▶ **Problem requirements**:
All of the entries are to be returned word for word.

--- Material shown Enclosed Below ---

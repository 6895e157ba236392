//! Runs the scripts of a table over disks in memory, and tells of each whether it gives what stands beside it, whatever
//! numbers stand in it for `N` and `M`; then the stored runs of its folder, with their faults, journals and steps.
#![tactic(auto)]

mod rows;
mod stored;

use base_types::NoMemory;
use cli_words::RunOptions;
use rac_disk::MemDisk;
use rac_io::{MemSink, MemSource};
use rac_top::{End, run};
use rows::{ROWS, Row, RowEnd};
use std::alloc::{AllocError, Global};
use std::io;
use std::process::ExitCode;
use stored::{STORED, is_as_stored};
use world_machine::Nobody;

/// The blocks of a disk.
const BLOCKS: u16 = 200;

/// The room of each of its logs, in bytes.
const LOG_BYTES: u64 = 65_536;

/// The room for what a run writes, in bytes.
const SINK_BYTES: usize = 65_536;

/// A text with numbers in the places of `N` and `M`.
fn filled(alloc: Global, text: &str, n: u32, m: u32) -> Result<String, AllocError> {
    let mut filled = String::new(alloc);
    for letter in text.chars() {
        match letter {
            'N' => write!(filled, "{n}")?,
            'M' => write!(filled, "{m}")?,
            _ => filled.push(letter)?,
        }
    }
    Ok(filled)
}

/// A disk on which the call of a row fails.
fn disk_for(alloc: Global, row: &Row) -> Result<MemDisk, NoMemory> {
    let mut plan = Vec::new(alloc);
    if let Some(call) = row.fault {
        plan.push(call)?;
    }
    MemDisk::new(alloc, BLOCKS, LOG_BYTES, plan)
}

/// The end of a run that is to end so.
fn end_of(end: RowEnd) -> End {
    match end {
        RowEnd::Done => End::Done,
        RowEnd::Refused { line, rule } => End::Refused { line, rule },
        RowEnd::DiskFault => End::DiskFault,
    }
}

/// Whether a row's run ends as it should and writes what it may, with these numbers.
fn is_expected(alloc: Global, row: &Row, n: u32, m: u32) -> Result<bool, NoMemory> {
    let script = filled(alloc, row.script, n, m)?;
    let mut source = MemSource::new(script.into_bytes(), Vec::new(alloc));
    let mut sink = MemSink::new(alloc, SINK_BYTES, Vec::new(alloc))?;
    let mut disk = disk_for(alloc, row)?;
    let options = RunOptions {
        journal: row.journal,
        steps: false,
        check: true,
    };
    let exit = run(
        alloc,
        options,
        &mut source,
        &mut sink,
        &mut disk,
        &mut Nobody,
    );
    let written = sink.bytes();
    Ok(exit.end == end_of(row.end) && row.wanted.iter().any(|want| written == want.as_bytes()))
}

/// Whether a row's runs are as they should be, whatever its numbers.
fn all_expected(alloc: Global, row: &Row) -> Result<bool, NoMemory> {
    let mut all = true;
    for n in row.n.0..=row.n.1 {
        for m in row.m.0..=row.m.1 {
            all &= is_expected(alloc, row, n, m)?;
        }
    }
    Ok(all)
}

/// Tells whether a run gave what is expected.
fn tell(rt: &HostRuntime, title: &str, is_same: bool) -> io::Result<bool> {
    let outcome = if is_same { "as expected" } else { "differs" };
    println!(rt; "{title}: {outcome}")?;
    Ok(is_same)
}

/// Runs each row, and tells of it; whether all are as expected.
fn run_rows(rt: &HostRuntime) -> io::Result<bool> {
    let mut all = true;
    for row in ROWS {
        let is_same = all_expected(rt.alloc(), row).map_err(|_| AllocError)?;
        all &= tell(rt, row.title, is_same)?;
    }
    Ok(all)
}

/// Runs each stored run, and tells of it; whether all are as expected.
fn run_stored(rt: &HostRuntime) -> io::Result<bool> {
    let mut all = true;
    for name in STORED {
        let is_same = is_as_stored(rt, name)?;
        all &= tell(rt, name, is_same)?;
    }
    Ok(all)
}

fn main(rt: HostRuntime) -> io::Result<ExitCode> {
    let all = run_rows(&rt)? & run_stored(&rt)?;
    Ok(ExitCode::from(u8::from(!all)))
}
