//! Stored runs: NAME.rac with the plan of faults NAME.plan, and in NAME.out all that it has to write, journal and steps
//! included, with a last line `status N`.

use base_types::NoMemory;
use cli_words::RunOptions;
use rac_disk::MemDisk;
use rac_io::{MemSink, MemSource};
use rac_top::run;
use std::alloc::{AllocError, Global};
use std::rt::Files;
use std::{fs, io};
use trial_plan::{Plan, plan_in};
use world_machine::Nobody;

/// The runs, by the names of their files.
pub const STORED: [&str; 17] = [
    "back", "calm", "crashes", "faults", "hold", "jam", "lost", "mixed", "old", "ping", "race",
    "relay", "remaster", "stale", "storm", "tiny", "wide",
];

/// The blocks of a disk.
const BLOCKS: u16 = 200;

/// The room for what a run writes, in bytes.
const SINK_BYTES: usize = 65_536;

/// All is written, and the journal is checked.
const OPTIONS: RunOptions = RunOptions {
    journal: true,
    steps: true,
    check: true,
};

/// What a run of a script over a disk by a plan writes, with its status in a last line.
fn written(alloc: Global, script: Vec<u8>, plan: Plan) -> Result<Vec<u8>, NoMemory> {
    let mut source = MemSource::new(script, Vec::new(alloc));
    let mut sink = MemSink::new(alloc, SINK_BYTES, Vec::new(alloc))?;
    let mut disk = MemDisk::new(alloc, BLOCKS, plan.room, plan.calls)?;
    let exit = run(
        alloc,
        OPTIONS,
        &mut source,
        &mut sink,
        &mut disk,
        &mut Nobody,
    );
    let status = exit.end.status();
    let last = format!(in alloc; "status {status}\n")?;
    let mut text = Vec::new(alloc);
    text.extend_from_slice(sink.bytes())?;
    text.extend_from_slice(last.as_str().as_bytes())?;
    Ok(text)
}

/// Whether the stored run of this name writes what stands beside it.
pub fn is_as_stored<R: Files + AllocGlobal>(rt: &R, name: &str) -> io::Result<bool> {
    let alloc = rt.alloc();
    let script = fs::read(rt, format!(in alloc; "{name}.rac")?.as_str())?;
    let plan = fs::read_to_string(rt, format!(in alloc; "{name}.plan")?.as_str())?;
    let wanted = fs::read(rt, format!(in alloc; "{name}.out")?.as_str())?;
    let Some(plan) = plan_in(alloc, plan.as_str())? else {
        return Ok(false);
    };
    let text = written(alloc, script, plan).map_err(|_| AllocError)?;
    Ok(text.as_slice() == wanted.as_slice())
}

--- End of Enclosed Material shown ---

▶ **Response to this task**:
repository 6895e157ba236392
//! Runs the scripts of a table over disks in memory, and tells of each whether it gives what stands beside it, whatever
//! numbers stand in it for `N` and `M`; then the stored runs of its folder, with their faults, journals and steps.
#![tactic(auto)]

mod rows;
mod stored;

use base_types::NoMemory;
use cli_words::RunOptions;
use rac_disk::MemDisk;
use rac_io::{MemSink, MemSource};
use rac_top::{End, run};
use rows::{ROWS, Row, RowEnd};
use std::alloc::{AllocError, Global};
use std::io;
use std::process::ExitCode;
use stored::{STORED, is_as_stored};
use world_machine::Nobody;

/// The blocks of a disk.
const BLOCKS: u16 = 200;

/// The room of each of its logs, in bytes.
const LOG_BYTES: u64 = 65_536;

/// The room for what a run writes, in bytes.
const SINK_BYTES: usize = 65_536;

/// A text with numbers in the places of `N` and `M`.
fn filled(alloc: Global, text: &str, n: u32, m: u32) -> Result<String, AllocError> {
    let mut filled = String::new(alloc);
    for letter in text.chars() {
        match letter {
            'N' => write!(filled, "{n}")?,
            'M' => write!(filled, "{m}")?,
            _ => filled.push(letter)?,
        }
    }
    Ok(filled)
}

/// A disk on which the call of a row fails.
fn disk_for(alloc: Global, row: &Row) -> Result<MemDisk, NoMemory> {
    let mut plan = Vec::new(alloc);
    if let Some(call) = row.fault {
        plan.push(call)?;
    }
    MemDisk::new(alloc, BLOCKS, LOG_BYTES, plan)
}

/// The end of a run that is to end so.
fn end_of(end: RowEnd) -> End {
    match end {
        RowEnd::Done => End::Done,
        RowEnd::Refused { line, rule } => End::Refused { line, rule },
        RowEnd::DiskFault => End::DiskFault,
    }
}

/// Whether a row's run ends as it should and writes what it may, with these numbers.
fn is_expected(alloc: Global, row: &Row, n: u32, m: u32) -> Result<bool, NoMemory> {
    let script = filled(alloc, row.script, n, m)?;
    let mut source = MemSource::new(script.into_bytes(), Vec::new(alloc));
    let mut sink = MemSink::new(alloc, SINK_BYTES, Vec::new(alloc))?;
    let mut disk = disk_for(alloc, row)?;
    let options = RunOptions {
        journal: row.journal,
        steps: false,
        check: true,
    };
    let exit = run(
        alloc,
        options,
        &mut source,
        &mut sink,
        &mut disk,
        &mut Nobody,
    );
    let written = sink.bytes();
    Ok(exit.end == end_of(row.end) && row.wanted.iter().any(|want| written == want.as_bytes()))
}

/// Whether a row's runs are as they should be, whatever its numbers.
fn all_expected(alloc: Global, row: &Row) -> Result<bool, NoMemory> {
    let mut all = true;
    for n in row.n.0..=row.n.1 {
        for m in row.m.0..=row.m.1 {
            all &= is_expected(alloc, row, n, m)?;
        }
    }
    Ok(all)
}

/// Tells whether a run gave what is expected.
fn tell(rt: &HostRuntime, title: &str, is_same: bool) -> io::Result<bool> {
    let outcome = if is_same { "as expected" } else { "differs" };
    println!(rt; "{title}: {outcome}")?;
    Ok(is_same)
}

/// Runs each row, and tells of it; whether all are as expected.
fn run_rows(rt: &HostRuntime) -> io::Result<bool> {
    let mut all = true;
    for row in ROWS {
        let is_same = all_expected(rt.alloc(), row).map_err(|_| AllocError)?;
        all &= tell(rt, row.title, is_same)?;
    }
    Ok(all)
}

/// Runs each stored run, and tells of it; whether all are as expected.
fn run_stored(rt: &HostRuntime) -> io::Result<bool> {
    let mut all = true;
    for name in STORED {
        let is_same = is_as_stored(rt, name)?;
        all &= tell(rt, name, is_same)?;
    }
    Ok(all)
}

fn main(rt: HostRuntime) -> io::Result<ExitCode> {
    let all = run_rows(&rt)? & run_stored(&rt)?;
    Ok(ExitCode::from(u8::from(!all)))
}
//! Stored runs: NAME.rac with the plan of faults NAME.plan, and in NAME.out all that it has to write, journal and steps
//! included, with a last line `status N`.

use base_types::NoMemory;
use cli_words::RunOptions;
use rac_disk::MemDisk;
use rac_io::{MemSink, MemSource};
use rac_top::run;
use std::alloc::{AllocError, Global};
use std::rt::Files;
use std::{fs, io};
use trial_plan::{Plan, plan_in};
use world_machine::Nobody;

/// The runs, by the names of their files.
pub const STORED: [&str; 17] = [
    "back", "calm", "crashes", "faults", "hold", "jam", "lost", "mixed", "old", "ping", "race",
    "relay", "remaster", "stale", "storm", "tiny", "wide",
];

/// The blocks of a disk.
const BLOCKS: u16 = 200;

/// The room for what a run writes, in bytes.
const SINK_BYTES: usize = 65_536;

/// All is written, and the journal is checked.
const OPTIONS: RunOptions = RunOptions {
    journal: true,
    steps: true,
    check: true,
};

/// What a run of a script over a disk by a plan writes, with its status in a last line.
fn written(alloc: Global, script: Vec<u8>, plan: Plan) -> Result<Vec<u8>, NoMemory> {
    let mut source = MemSource::new(script, Vec::new(alloc));
    let mut sink = MemSink::new(alloc, SINK_BYTES, Vec::new(alloc))?;
    let mut disk = MemDisk::new(alloc, BLOCKS, plan.room, plan.calls)?;
    let exit = run(
        alloc,
        OPTIONS,
        &mut source,
        &mut sink,
        &mut disk,
        &mut Nobody,
    );
    let status = exit.end.status();
    let last = format!(in alloc; "status {status}\n")?;
    let mut text = Vec::new(alloc);
    text.extend_from_slice(sink.bytes())?;
    text.extend_from_slice(last.as_str().as_bytes())?;
    Ok(text)
}

/// Whether the stored run of this name writes what stands beside it.
pub fn is_as_stored<R: Files + AllocGlobal>(rt: &R, name: &str) -> io::Result<bool> {
    let alloc = rt.alloc();
    let script = fs::read(rt, format!(in alloc; "{name}.rac")?.as_str())?;
    let plan = fs::read_to_string(rt, format!(in alloc; "{name}.plan")?.as_str())?;
    let wanted = fs::read(rt, format!(in alloc; "{name}.out")?.as_str())?;
    let Some(plan) = plan_in(alloc, plan.as_str())? else {
        return Ok(false);
    };
    let text = written(alloc, script, plan).map_err(|_| AllocError)?;
    Ok(text.as_slice() == wanted.as_slice())
}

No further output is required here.